Records supplied:
-----

//! What is said behind the line of a refusal to who looks on at a terminal.

use crate::files::Looks;
use crate::line::Refusal;
use crate::look::Look;
use crate::names::Names;
use crate::progress::Progress;
use attributes::Text;
use coverage::SummaryFault;
use databases::{CommandFault, Databases, Trouble};
use event_files::{ReportFault, Unread};
use event_json::ReadFault;
use std::alloc::Global;

/// What can be done about a refusal.
#[derive(Drop)]
pub enum Hint {
    /// The same words for every refusal of its kind.
    Words(&'static str),
    /// Words of this database.
    Told(Text),
}

impl Hint {
    /// The words of a hint behind an error line, lent.
    pub fn as_str(&self) -> &str {
        match self {
            Hint::Words(words) => words,
            Hint::Told(text) => text.as_str(),
        }
    }
}

/// The hint on what is the matter behind a refusal of a plan that names these, and what can be
/// done. None where nobody looks on, or nothing more is known. It may read the file or the database
/// once more, and waits for none.
pub fn hint_of<S: Looks, D: Databases + Drop, P: Progress>(
    alloc: Global,
    shelf: &S,
    databases: &D,
    progress: &P,
    names: Names<'_>,
    refusal: Refusal,
) -> Option<Hint> {
    if !progress.is_watched() {
        return None;
    }
    match refusal {
        Refusal::Database(CommandFault::Foreign) => {
            of_service(
                alloc,
                databases,
                names.db,
                "leave --base out, or give that one",
            )
        }
        Refusal::Database(CommandFault::AnotherSource) => {
            of_service(
                alloc,
                databases,
                names.db,
                "leave --source out, or name that one",
            )
        }
        _ => match words_of(alloc, shelf, databases, names, refusal) {
            Some(words) => Some(Hint::Words(words)),
            None => None,
        },
    }
}

/// The words of a hint that every refusal of its kind has.
fn words_of<S: Looks, D: Databases + Drop>(
    alloc: Global,
    shelf: &S,
    databases: &D,
    names: Names<'_>,
    refusal: Refusal,
) -> Option<&'static str> {
    match refusal {
        Refusal::Unread(at) => of_unread(shelf, names.file(at.file), at.why),
        Refusal::File(refused) => of_file(shelf, names.file(refused.file), refused.fault),
        Refusal::Line(refused) => of_line(shelf, names.file(refused.at.file), refused.fault),
        Refusal::Summary(why) => of_summary(shelf, names.file(0), why),
        Refusal::Database(why) => of_database(alloc, databases, names.db, why),
        Refusal::NoThread => Some("the system gives no more threads: name fewer files at once"),
        Refusal::Lines(_) => Some(of_lines(shelf, names.file(0))),
        Refusal::NoNumber => Some("a source of these events has no number left up to 2^63-1"),
    }
}

/// The hint on what is the matter with a file of which lines were refused.
fn of_lines<S: Looks>(shelf: &S, name: &str) -> &'static str {
    match shelf.look(name) {
        Look::Pretty => {
            "an event stands on one line, and this one on several: jq -c . FILE puts each on its own"
        }
        _ => { "each line that was refused has its fault on standard output; the others are kept" }
    }
}

/// The hint on why a file wasn't read.
fn of_unread<S: Looks>(shelf: &S, name: &str, why: Unread) -> Option<&'static str> {
    match why {
        Unread::OutOfMemory => None,
        Unread::TooLarge => Some(
            "a file has at most 33,554,432 bytes: split it, or send its events one a line to follow",
        ),
        Unread::CannotRead => match shelf.look(name) {
            Look::Missing => Some("there is no file of that name"),
            Look::Folder => Some("it is a folder: name the files in it"),
            Look::Denied => Some("this user may not read it: ls -l tells who may"),
            _ => Some("the system refuses to open or to read it"),
        },
    }
}

/// The hint on why a file spells no events.
fn of_file<S: Looks>(shelf: &S, name: &str, fault: ReportFault) -> Option<&'static str> {
    match fault {
        ReportFault::OutOfMemory | ReportFault::Read(ReadFault::OutOfMemory) => None,
        ReportFault::Read(ReadFault::NotJson) => Some(of_look(shelf.look(name))),
        ReportFault::Read(ReadFault::NotEvent) => {
            Some("a file is an event, which is an object, or an array of events")
        }
        ReportFault::Read(ReadFault::InputTooLarge) => { of_unread(shelf, name, Unread::TooLarge) }
        ReportFault::Read(ReadFault::BadEvent { .. }) | ReportFault::Event { .. } => {
            match shelf.look(name) {
                Look::Summary => Some("it is a summary, which delta takes; events are wanted"),
                _ => Some("site check FILE says of each event what is wrong, and what to do"),
            }
        }
    }
}

/// The hint on why a line spells no events.
fn of_line<S: Looks>(shelf: &S, name: &str, fault: ReportFault) -> Option<&'static str> {
    match fault {
        ReportFault::OutOfMemory | ReportFault::Read(ReadFault::OutOfMemory) => None,
        ReportFault::Read(ReadFault::NotJson) => match shelf.look(name) {
            Look::Pretty => Some(
                "an event stands on one line, and this one on several: without --lines a file is one event or one batch",
            ),
            Look::Lines | Look::Other => Some(
                "nothing was taken of any line: follow keeps the good ones, and tells of each other",
            ),
            look => Some(of_look(look)),
        },
        _ => Some(
            "site check --lines FILE says of each line what is wrong, and what to do; follow keeps the good ones",
        ),
    }
}

/// The hint on what a file is that is no JSON.
fn of_look(look: Look) -> &'static str {
    match look {
        Look::Empty => "it is empty: did what should have written it end well?",
        Look::Marked => "it begins with a byte order mark: tail -c +4 FILE takes it off",
        Look::Packed => "it is packed: gzip -dc FILE | site .. - reads it",
        Look::Database => "it is a database: give it as --db FILE",
        Look::Wide => "it is UTF-16: iconv -f UTF-16 -t UTF-8 makes it UTF-8",
        Look::Lines =>
            "its events stand one a line: with --lines take, run, check and the questions read them so",
        _ => "a file is one JSON text in UTF-8: jq . FILE says where it ends to be one",
    }
}

/// The hint on why a file spells no summary.
fn of_summary<S: Looks>(shelf: &S, name: &str, why: SummaryFault) -> Option<&'static str> {
    match why {
        SummaryFault::OutOfMemory => None,
        SummaryFault::NotJson => match shelf.look(name) {
            Look::Lines => Some("these are events: SUMMARY is what site summary --db DB prints"),
            look => Some(of_look(look)),
        },
        SummaryFault::Shape => {
            Some("SUMMARY is what site summary --db DB prints; events are none")
        }
        SummaryFault::Version => Some("this program reads summaries of version 1 and 2 alone"),
        SummaryFault::NotCanonical => Some(
            "a summary is read as site summary prints it: a program such as jq wrote it anew",
        ),
    }
}

/// The hint on why a database has no answer.
fn of_database<D: Databases + Drop>(
    alloc: Global,
    databases: &D,
    db: &str,
    why: CommandFault,
) -> Option<&'static str> {
    match why {
        CommandFault::OutOfMemory => None,
        CommandFault::Store => match databases.waiting(0).describe(alloc, db) {
            Ok(_) => Some(
                "it can be read now: another program had it open; --wait 30 waits for it",
            ),
            Err(Trouble::CannotRead) => {
                Some("the file isn't there, and can't be made: is the folder there, and writable")
            }
            Err(why) => Some(why.hint()),
        },
        CommandFault::Foreign | CommandFault::AnotherSource => None,
        CommandFault::OrderExists => Some("an order is placed once"),
        CommandFault::NoOrder => Some("an order is placed before it is shipped or cancelled"),
        CommandFault::WrongState => Some("an order is shipped or cancelled once"),
        CommandFault::Full => Some("the outbox has no number left: begin another database"),
        CommandFault::RouteFailed => None,
        CommandFault::CannotRead => Some(
            "there is no such database: echo '[]' | site take --db DB - begins one, if the name is right",
        ),
        CommandFault::Cache => Some("SITE_CACHE_MIB=64 site .. sets it for one command"),
    }
}

/// The hint on a database whose tables, or whose service, aren't those that were meant.
fn of_service<D: Databases + Drop>(
    alloc: Global,
    databases: &D,
    db: &str,
    advice: &str,
) -> Option<Hint> {
    match databases.waiting(0).describe(alloc, db) {
        Ok(told) => of_told(alloc, told.as_str(), advice),
        Err(why) => Some(Hint::Words(why.hint())),
    }
}

/// The hint where this is told of a database: of its inbox, and behind that of its service.
fn of_told(alloc: Global, told: &str, advice: &str) -> Option<Hint> {
    let service = match told.split_once('\n') {
        Some((_, behind)) => behind.trim_ascii_end(),
        None => "",
    };
    if service.is_empty() {
        return Some(Hint::Words(
            "it is sound, and was made with another base, or for another command: site check --db DB tells",
        ));
    }
    match format!(in alloc; "its service is {service}: {advice}") {
        Ok(words) => Some(Hint::Told(Text::from_string(words))),
        Err(_) => None,
    }
}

-----

Exercise requirements: Set the entries down again exactly, beginning with their first line and ending with the line that contains "databases, names, refusal)"; omit all other lines.

Task result:
//! What is said behind the line of a refusal to who looks on at a terminal.

use crate::files::Looks;
use crate::line::Refusal;
use crate::look::Look;
use crate::names::Names;
use crate::progress::Progress;
use attributes::Text;
use coverage::SummaryFault;
use databases::{CommandFault, Databases, Trouble};
use event_files::{ReportFault, Unread};
use event_json::ReadFault;
use std::alloc::Global;

/// What can be done about a refusal.
#[derive(Drop)]
pub enum Hint {
    /// The same words for every refusal of its kind.
    Words(&'static str),
    /// Words of this database.
    Told(Text),
}

impl Hint {
    /// The words of a hint behind an error line, lent.
    pub fn as_str(&self) -> &str {
        match self {
            Hint::Words(words) => words,
            Hint::Told(text) => text.as_str(),
        }
    }
}

/// The hint on what is the matter behind a refusal of a plan that names these, and what can be
/// done. None where nobody looks on, or nothing more is known. It may read the file or the database
/// once more, and waits for none.
pub fn hint_of<S: Looks, D: Databases + Drop, P: Progress>(
    alloc: Global,
    shelf: &S,
    databases: &D,
    progress: &P,
    names: Names<'_>,
    refusal: Refusal,
) -> Option<Hint> {
    if !progress.is_watched() {
        return None;
    }
    match refusal {
        Refusal::Database(CommandFault::Foreign) => {
            of_service(
                alloc,
                databases,
                names.db,
                "leave --base out, or give that one",
            )
        }
        Refusal::Database(CommandFault::AnotherSource) => {
            of_service(
                alloc,
                databases,
                names.db,
                "leave --source out, or name that one",
            )
        }
        _ => match words_of(alloc, shelf, databases, names, refusal) {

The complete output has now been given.